• Work to complete: Every line with the string "KeptTextValue" must be copied from the entries below.

#### Listed entries

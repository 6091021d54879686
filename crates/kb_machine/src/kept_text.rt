//! What is kept of an accepted text.

use kb_base::Seq;
use std::marker::Model;

/// What is kept of an accepted text for good: its spelling, and the number that was told.
#[derive(Drop)]
pub struct KeptText {
    pub spelling: Seq<u8>,
    pub number: u32,
}

impl Model for KeptText {
    ghost use Rattle.kb_machine.specs.Texts.{KeptText as KeptTextValue};

    ghost Value = { KeptTextValue };

    ghost view = { λ kept. record { spelling = kept.spelling; number = kept.number } };
}
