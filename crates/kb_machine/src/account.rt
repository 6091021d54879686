//! The account of a command.
ghost use Rattle.std.specs.Prelude.{◌≡◌, ℕ, true, false, IfSome, IfNone};
ghost use Rattle.kb_machine.specs.Machines.{MachineValue, judged, account_judged};
ghost use Rattle.kb_codec.specs.Senders.{is_text, account_of};

use kb_codec::Command;
use kb_days::Name;

/// The account that a command is on; none for a text.
#[tactic(auto, unfolding(crate::specs::Machines::judged))]
pub fn account_of(command: &Command) -> Option<Name>
    ensures account { IfSome result (λ account. account ≡ account_of command.now) }
    ensures judged { IfSome result (λ account. (machine : MachineValue) (today : ℕ)
        → judged machine today command.now ≡ account_judged machine today command.now) }
    ensures text { IfNone result (is_text command.now ≡ true) }
    ensures no_text { IfSome result (λ account. is_text command.now ≡ false) }
{
    match command {
        Command::Catalog(_) | Command::OverdueRules(_) => None,
        Command::Act { account, .. } => Some(*account),
        Command::Auto(members) => Some(members.account),
        Command::Settle(members) => Some(members.account),
        Command::Overdue(members) => Some(members.account),
    }
}
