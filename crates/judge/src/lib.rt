// Document 01's services Check and Better of two.
// Check is answered by the walk of a plan (`plans::run`).
// Better of two has one choice, `better`, behind both of its questions.
// Frames, trace and plans come one by one, as C hands them over; a promise says the numbers beside the answer, as no less may be promised.
#![tactic(auto)]

ghost use Rattle.std.specs.Prelude.{◌≡◌};
ghost use Rattle.calls.specs.Answers.{answer_numbers};
ghost use Rattle.plans.specs.Check.{check_of};
ghost use Rattle.judge.specs.Better.{fewer, better_of, better_words, lender_of, verdict_numbers};

use paging::Refusal;

// Which of two plans is better, and its faults.
#[derive(Clone, Copy, Debug, PartialEq, Eq)]
pub enum BetterPlan {
    First(u32),
    Second(u32),
}

// The numbers of a verdict, which leave by C: which plan, its faults, and a refusal's number and place. What a verdict lacks is 0.
#[derive(Clone, Copy, Debug, PartialEq, Eq)]
pub struct VerdictNumbers {
    pub which: u32,
    pub faults: u32,
    pub number: u32,
    pub place: u32,
}

// Check: what the walk of the plan in the first T words answers, refusals 2, 3, 4 and 6 before it.
// It hands on `plans::run`: this is the service's name, and its promise has the answer's numbers too.
pub fn check(m: u32, trace: &[u32], words: &[u32]) -> Result<u32, Refusal>
    ensures { (result ≡ check_of m trace.now words.now) × (answer_numbers result ≡ answer_numbers (check_of m trace.now words.now)) }
{
    plans::run(m, trace, words)
}

// The plan with fewer faults, of two answers of Check.
fn fewer(first: Result<u32, Refusal>, second: Result<u32, Refusal>) -> Result<BetterPlan, Refusal>
    ensures { result ≡ fewer first second }
{
    match (first, second) {
        (Ok(f), Ok(g)) if g < f => Ok(BetterPlan::Second(g)),
        (Ok(f), _) => Ok(BetterPlan::First(f)),
        (Err(_), Ok(g)) => Ok(BetterPlan::Second(g)),
        (Err(refusal), Err(_)) => Err(refusal),
    }
}

// Better of two, the verdict: the plan with fewer faults, and its count. Equal: the first. Neither accepted: the first plan's refusal.
#[tactic(auto, unfolding(crate::specs::Better::better_of))]
pub fn better(m: u32, trace: &[u32], first: &[u32], second: &[u32]) -> Result<BetterPlan, Refusal>
    ensures { (result ≡ better_of m trace.now first.now second.now) × (verdict_numbers result ≡ verdict_numbers (better_of m trace.now first.now second.now)) }
{
    fewer(check(m, trace, first), check(m, trace, second))
}

// Better of two, the words: the first T words of the plan that the verdict names, as they were lent: the very slice, and no copy, is what callers ask for.
#[tactic(auto, unfolding(crate::specs::Better::better_words), using(crate::proofs::TwoPlans::words_first, crate::proofs::TwoPlans::words_second))]
pub fn better_words<'a>(m: u32, trace: &[u32], first: &'a [u32], second: &'a [u32]) -> &'a [u32]
    ensures words { result.now ≡ better_words m trace.now first.now second.now }
    ensures lender { result.ref_ptr ≡ lender_of (better_of m trace.now first.now second.now) first.entry.ref_ptr second.entry.ref_ptr }
{
    match better(m, trace, first, second) {
        Ok(BetterPlan::First(_)) => &first[..trace.len()],
        Ok(BetterPlan::Second(_)) => &second[..trace.len()],
        Err(_) => &first[..0],
    }
}

impl From<Result<BetterPlan, Refusal>> for VerdictNumbers {
    ghost from_gives = { λ verdict numbers. numbers ≡ verdict_numbers verdict };

    fn from(verdict: Result<BetterPlan, Refusal>) -> VerdictNumbers {
        match verdict {
            Ok(BetterPlan::First(faults)) => VerdictNumbers {
                which: 1,
                faults,
                number: 0,
                place: 0,
            },
            Ok(BetterPlan::Second(faults)) => VerdictNumbers {
                which: 2,
                faults,
                number: 0,
                place: 0,
            },
            Err(refusal) => VerdictNumbers {
                which: 0,
                faults: 0,
                number: refusal.number(),
                place: refusal.place(),
            },
        }
    }
}
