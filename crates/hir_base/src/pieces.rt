//! The pieces of a text between separators.
ghost use Rattle.std.specs.Prelude.{◌≡◌, ◌<◌, ◌==◌, IfOk};
ghost use Rattle.std.specs.List.{slice_split};
ghost use Rattle.hir_ids.specs.Text.{nows};

use std::alloc::{AllocError, Global};

/// The pieces of `text` between the ASCII characters `separator`.
pub(crate) fn pieces<'a>(
    alloc: Global,
    text: &'a str,
    separator: char,
) -> Result<Vec<&'a str>, AllocError>
    requires ascii { separator < 128 }
    ensures ok { IfOk result (λ v. nows v.items ≡ slice_split (λ b. b == separator) text.now) }
{
    text.split(separator).collect(alloc)
}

########

• Answer:
    ghost use Rattle.kb_machine.specs.Texts.{KeptText as KeptTextValue};
    ghost Value = { KeptTextValue };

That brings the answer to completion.